La proposition de la Commission a ainsi été transmise au Conseil, le 12 juillet 2000, qui doit se prononcer dans les trois mois suivant sa saisine, soit avant le 12 octobre prochain. Ce dossier devra donc être inscrit à l'ordre du jour du Conseil agriculture, lors de sa session des 25 et 26 septembre prochains, ou, si ce dernier devait finalement être annulé, à l'ordre du jour du Conseil marché intérieur du 28 septembre.

La position du gouvernement français reste hostile à l'inscription de la BST à l'annexe II du règlement 2377/90, ce qu'on ne peut qu'approuver.
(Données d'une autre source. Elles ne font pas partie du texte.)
// The sum under a C name: what bench/ links beside its peers, and nothing else.
#![tactic(auto)]

ghost use Rattle.std.specs.Prelude.{◌≡◌};
ghost use Rattle.checksum.specs.Ones.{words, ones_sum};

#[unsafe(no_mangle)]
pub extern "C" fn brothladder_bench_sum(bytes: &[u8]) -> u16
    ensures { result ≡ ones_sum (words bytes.now) }
{
    checksum::sum(bytes)
}
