// One response for a reply, and all of its data that came.
ghost use Rattle.pp_laws_passed.specs.Passed.{PassedIsAllThatCame, PassedIsOneResponse, PiecesJoin};

/// While a client is in the midst of a reply that is passed, what comes to the exchange of its request is
/// the response whose head it was told.
pub fn passed_is_one_response()
    ensures one { PassedIsOneResponse }
{}

/// And as long as that comes, the data of all that came of it stand behind that head, in order and without a gap: they were
/// said, or are the next to be said, and nothing else was. What is put into the pipe with each piece of its body is what its
/// data grew by.
pub fn passed_is_all_that_came()
    ensures all { PassedIsAllThatCame }
    ensures pieces { PiecesJoin }
{}
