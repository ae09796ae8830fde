//! Prints simulated lives of the proxy as transcripts.
//!
//! A word names a seed, as `3`, or seeds that follow each other, as `3..7`; `demo:3` names the demo of a seed.
//!
//! It ends with 0, with 2 where the words have no reading, and with 3 where memory was refused.
#![tactic(auto)]

use pp_sim::{demo_lives, simulate};
use pp_text::{OutOfMemory, read_u64};
use std::process::ExitCode;
use std::{env, io};

/// The seeds that a word names.
#[derive(Clone, Copy)]
struct Seeds {
    kind: Kind,
    first: u64,
    last: u64,
}

/// Which lives are made of a seed.
#[derive(Clone, Copy)]
enum Kind {
    Simulated,
    Demo,
}

fn main(rt: HostRuntime) -> io::Result<ExitCode> {
    let mut words: Vec<String> = Vec::new(rt.alloc());
    for word in env::args(&rt)?.skip(1) {
        words.push(word)?;
    }
    for word in words.as_slice() {
        let Some(seeds) = seeds_of(word.as_bytes()) else {
            rt.eprint("usage: pp_seeds [SEED|FIRST..LAST|demo:SEED] ..\n")?;
            return Ok(ExitCode::from(2));
        };
        for seed in seeds.first..=seeds.last {
            match told(&rt, seeds.kind, seed) {
                Ok(text) => rt.print(text.as_str())?,
                Err(OutOfMemory) => {
                    rt.eprint("there is no memory\n")?;
                    return Ok(ExitCode::from(3));
                }
            }
        }
    }
    Ok(ExitCode::from(0))
}

fn told(rt: &HostRuntime, kind: Kind, seed: u64) -> Result<String, OutOfMemory> {
    let lives = match kind {
        Kind::Simulated => simulate(rt.alloc(), seed)?,
        Kind::Demo => demo_lives(rt.alloc(), seed)?,
    };
    lives.transcript(rt.alloc())
}

fn seeds_of(word: &[u8]) -> Option<Seeds> {
    if let Some(seed) = word.strip_prefix(b"demo:") {
        let seed = read_u64(seed)?;
        return Some(Seeds {
            kind: Kind::Demo,
            first: seed,
            last: seed,
        });
    }
    let (first, last) = match word.iter().position(|byte| *byte == b'.') {
        Some(at) => (word.get(..at)?, word.get(at..)?.strip_prefix(b"..")?),
        None => (word, word),
    };
    Some(Seeds {
        kind: Kind::Simulated,
        first: read_u64(first)?,
        last: read_u64(last)?,
    })
}
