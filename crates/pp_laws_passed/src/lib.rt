//! What follows from the law of the proxy for a reply that is passed on: it is one response's, and all that came of it.
//!
//! `pp_law` says which happening may follow which. Here stands what every lawful log then means for a
//! response that is passed to a client: as long as its exchange is asked or answered, what comes behind
//! the head that the client was told is of that response, and of no other; and it is all the data that came, in
//! their order.
//!
//! To the layer above: the law is the clause of a function that does nothing. What leaves a lawful log
//! has it; that a program leaves one is not said here.
//!
//! Takes no memory, and does nothing when the program runs.
#![tactic(auto)]

mod passed; // one response for a reply, and all that came of it

pub use passed::{passed_is_all_that_came, passed_is_one_response};
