//! The shell over the real outside: the words of the command line, standard input and output, key files by
//! path, and the system's random bytes.
#![tactic(auto)]

ghost use Rattle.std.specs.Prelude.{◌≡◌, [], IfOk};

use dataset_tree::NoMemory;
use edge_io::{Reading, SystemEntropy, SystemKeyFiles, Writing};
use shelf_store::MemShelf;
use shell_run::{Found, run_alone};
use std::alloc::{AllocError, Global};
use std::env;
use std::io::ErrorKind;
use std::process::ExitCode;
use std::rt::Env;

/// The status where no memory was found before the run began.
const NO_MEMORY: u8 = 12;

fn main(rt: HostRuntime) -> ExitCode {
    let alloc = rt.alloc();
    match start(&rt, alloc) {
        Ok((words, mut found)) => {
            let mut script = Reading::new(rt.stdin());
            let mut out = Writing::new(rt.stdout());
            let mut files = SystemKeyFiles::new(&rt);
            let mut entropy = SystemEntropy::new(&rt);
            let status = run_alone::<_, _, _, _, MemShelf>(
                alloc,
                &words,
                &mut script,
                &mut out,
                &mut files,
                &mut entropy,
                &mut found,
            );
            ExitCode::from(status)
        }
        Err(_) => {
            let _ = println!(rt; "no memory");
            ExitCode::from(NO_MEMORY)
        }
    }
}

/// The words behind the program's name, and an empty list of failed takings.
fn start<R: Env + AllocGlobal>(rt: &R, alloc: Global) -> Result<(Vec<String>, Found), NoMemory>
    ensures { IfOk result (λ made. made.1 ≡ []) }
{
    let words = command_line(rt, alloc)?;
    let found = Found::new(alloc)?;
    Ok((words, found))
}

/// Words that aren't text can't be those of a command line, so an empty word stands for them.
fn command_line<R: Env + AllocGlobal>(rt: &R, alloc: Global) -> Result<Vec<String>, NoMemory> {
    let mut words = Vec::new(alloc);
    match env::args(rt) {
        Ok(all) => {
            for word in all.skip(1) {
                words.push(word)?;
            }
        }
        Err(error) => {
            if matches!(error.kind(), ErrorKind::OutOfMemory) {
                return Err(AllocError);
            }
            words.push(String::new(alloc))?;
        }
    }
    Ok(words)
}
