// A source and a sink in memory, which fail at the calls that they are told to fail at.
ghost use Rattle.std.specs.Prelude.{◌≡◌};
ghost use Rattle.coda_io.specs.Memory.{supply_of, store_of};

use crate::{ReadFault, Sink, Source, WriteFault};
use std::marker::Model;

/// Bytes in memory. Contracts see a `Supply`.
#[derive(Drop)]
pub struct MemSource {
    bytes: Vec<u8>,
    at: usize,
    failing: Vec<u64>,
    calls: u64,
    faults: u64,
}

impl Model for MemSource {
    ghost use Rattle.std.specs.Prelude.{◌≤◌, drop, vec_len};
    ghost use Rattle.coda_io.specs.Memory.{Supply};

    ghost Value = { Supply };

    ghost view = { λ s. record { left = drop s.at s.bytes.items; failing = s.failing.items; calls = s.calls; faults = s.faults } };

    ghost invariant = { λ s. s.at ≤ vec_len s.bytes };
}

impl MemSource {
    /// These bytes. `failing` has the numbers of the calls that fail, where the first call is 1.
    pub fn new(bytes: Vec<u8>, failing: Vec<u64>) -> MemSource
        ensures { result ≡ supply_of bytes.items failing.items }
    {
        MemSource {
            bytes,
            at: 0,
            failing,
            calls: 0,
            faults: 0,
        }
    }
}

impl Source for MemSource {
    ghost use Rattle.std.specs.Prelude.{◌≡◌, ◌++◌, Some, MatchResult, min, length, take, drop};
    ghost use Rattle.std.specs.List.{Contains};
    ghost use Rattle.std.specs.Io.{ReadsAtMost};
    ghost use Rattle.std.specs.Io.KnownBytes.{ReadConsumes};
    ghost use Rattle.coda_io.specs.Faults.{counted, HasCause};
    ghost use Rattle.coda_io.specs.Memory.{after_read, after_read_fault};

    ghost left = { λ s. Some s.left };

    ghost faults = { λ s. s.faults };

    /// Gives as many bytes as are left and have room, except at a call whose number is among those that fail.
    fn read(&mut self, buf: &mut [u8]) -> Result<usize, ReadFault>
        ensures bound { ReadsAtMost result buf.new }
        ensures bytes { ReadConsumes (Some self.old.left) (Some self.new.left) result buf.new }
        ensures cause { HasCause self.old.faults self.new.faults result }
        ensures exact { MatchResult result
            (λ count. (¬ Contains self.old.failing (counted self.old.calls)) × (count ≡ min (length buf.old) (length self.old.left))
            × (buf.new ≡ take count self.old.left ++ drop count buf.old) × (self.new ≡ after_read count self.old))
            (λ _. Contains self.old.failing (counted self.old.calls) × (buf.new ≡ buf.old) × (self.new ≡ after_read_fault self.old)) }
    {
        self.calls = self.calls.saturating_add(1);
        if self.failing.contains(&self.calls) {
            self.faults = self.faults.saturating_add(1);
            return Err(ReadFault);
        }
        let count = buf.len().min(self.bytes.len() - self.at);
        buf[..count].copy_from_slice(&self.bytes[self.at..self.at + count]);
        self.at += count;
        Ok(count)
    }
}

/// Bytes taken into memory. Contracts see a `Store`.
#[derive(Drop)]
pub struct MemSink {
    bytes: Vec<u8>,
    failing: Vec<u64>,
    calls: u64,
    faults: u64,
}

impl Model for MemSink {
    ghost use Rattle.coda_io.specs.Memory.{Store};

    ghost Value = { Store };

    ghost view = { λ s. record { held = s.bytes.items; failing = s.failing.items; calls = s.calls; faults = s.faults } };
}

impl MemSink {
    /// A sink with these bytes. `failing` has the numbers of the calls that fail, where the first call is 1.
    pub fn new(bytes: Vec<u8>, failing: Vec<u64>) -> MemSink
        ensures { result ≡ store_of bytes.items failing.items }
    {
        MemSink {
            bytes,
            failing,
            calls: 0,
            faults: 0,
        }
    }

    /// What it holds.
    pub fn bytes(&self) -> &[u8]
        ensures { result.now ≡ self.now.held }
    {
        &self.bytes
    }
}

impl Sink for MemSink {
    ghost use Rattle.std.specs.Prelude.{◌≡◌, ◌<◌, Some, Ok, MatchResult, length};
    ghost use Rattle.std.specs.List.{Contains};
    ghost use Rattle.std.specs.Io.{WritesAtMost};
    ghost use Rattle.std.specs.Io.KnownBytes.{WriteAppends};
    ghost use Rattle.coda_io.specs.Faults.{counted, Rose, HasCause};
    ghost use Rattle.coda_io.specs.Memory.{after_write, after_write_fault};

    ghost held = { λ s. Some s.held };

    ghost faults = { λ s. s.faults };

    /// Takes the whole piece, except at a call whose number is among those that fail, or where it finds no memory.
    fn write(&mut self, bytes: &[u8]) -> Result<usize, WriteFault>
        ensures bound { WritesAtMost result bytes.now }
        ensures bytes { WriteAppends (Some self.old.held) (Some self.new.held) result bytes.now }
        ensures cause { HasCause self.old.faults self.new.faults result }
        ensures stuck { result ≡ Ok 0 → 0 < length bytes.now → Rose self.old.faults self.new.faults }
        ensures exact { MatchResult result
            (λ count. (¬ Contains self.old.failing (counted self.old.calls)) × (count ≡ length bytes.now) × (self.new ≡ after_write bytes.now self.old))
            (λ _. self.new ≡ after_write_fault self.old) }
    {
        self.calls = self.calls.saturating_add(1);
        if self.failing.contains(&self.calls) || self.bytes.extend_from_slice(bytes).is_err() {
            self.faults = self.faults.saturating_add(1);
            return Err(WriteFault);
        }
        Ok(bytes.len())
    }
}
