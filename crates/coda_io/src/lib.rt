//! What a program reads from and writes to, each with a count of its faults; and where its threads can be held.
#![tactic(auto)]

mod gate;
mod memory;
mod outside;
mod standard;

pub use gate::{Actor, Gate, Point, RealGate};
pub use memory::{MemSink, MemSource};
pub use outside::{ReadFault, Sink, Source, WriteFault};
pub use standard::{StdSink, StdSource};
En effet, dans le contexte particulièrement sensible des questions de sécurité sanitaire des aliments, il convient d'avoir une approche cohérente sur un tel dossier. Or, dès lors qu'on estime qu'une substance présente des risques avérés pour la santé et le bien être des animaux et des risques potentiels pour la santé humaine, la notion de limite de résidus dans les denrées issues d'animaux traités n'a pas de sens. Le consommateur français ne comprendrait pas que la France n'ait pas une attitude cohérente avec sa position clairement affichée en faveur de l'interdiction de cette substance, ceci, d'autant plus qu'elle se bat, depuis de nombreuses années, pour que l'ensemble des facteurs autres que scientifiques soient pris en compte dans le cadre de l'évaluation de cette substance au niveau du Codex alimentarius.

*

En réponse à une demande de précisions de M. Marcel Deneux, le ministère de l'Agriculture a fait savoir que la BST n'avait jamais été utilisée en France. Quelques essais ont été autorisés en 1987, puis interrompus lorsque le moratoire a été décidé.

La délégation souhaite que le Gouvernement maintienne son opposition à l'adoption de ce texte.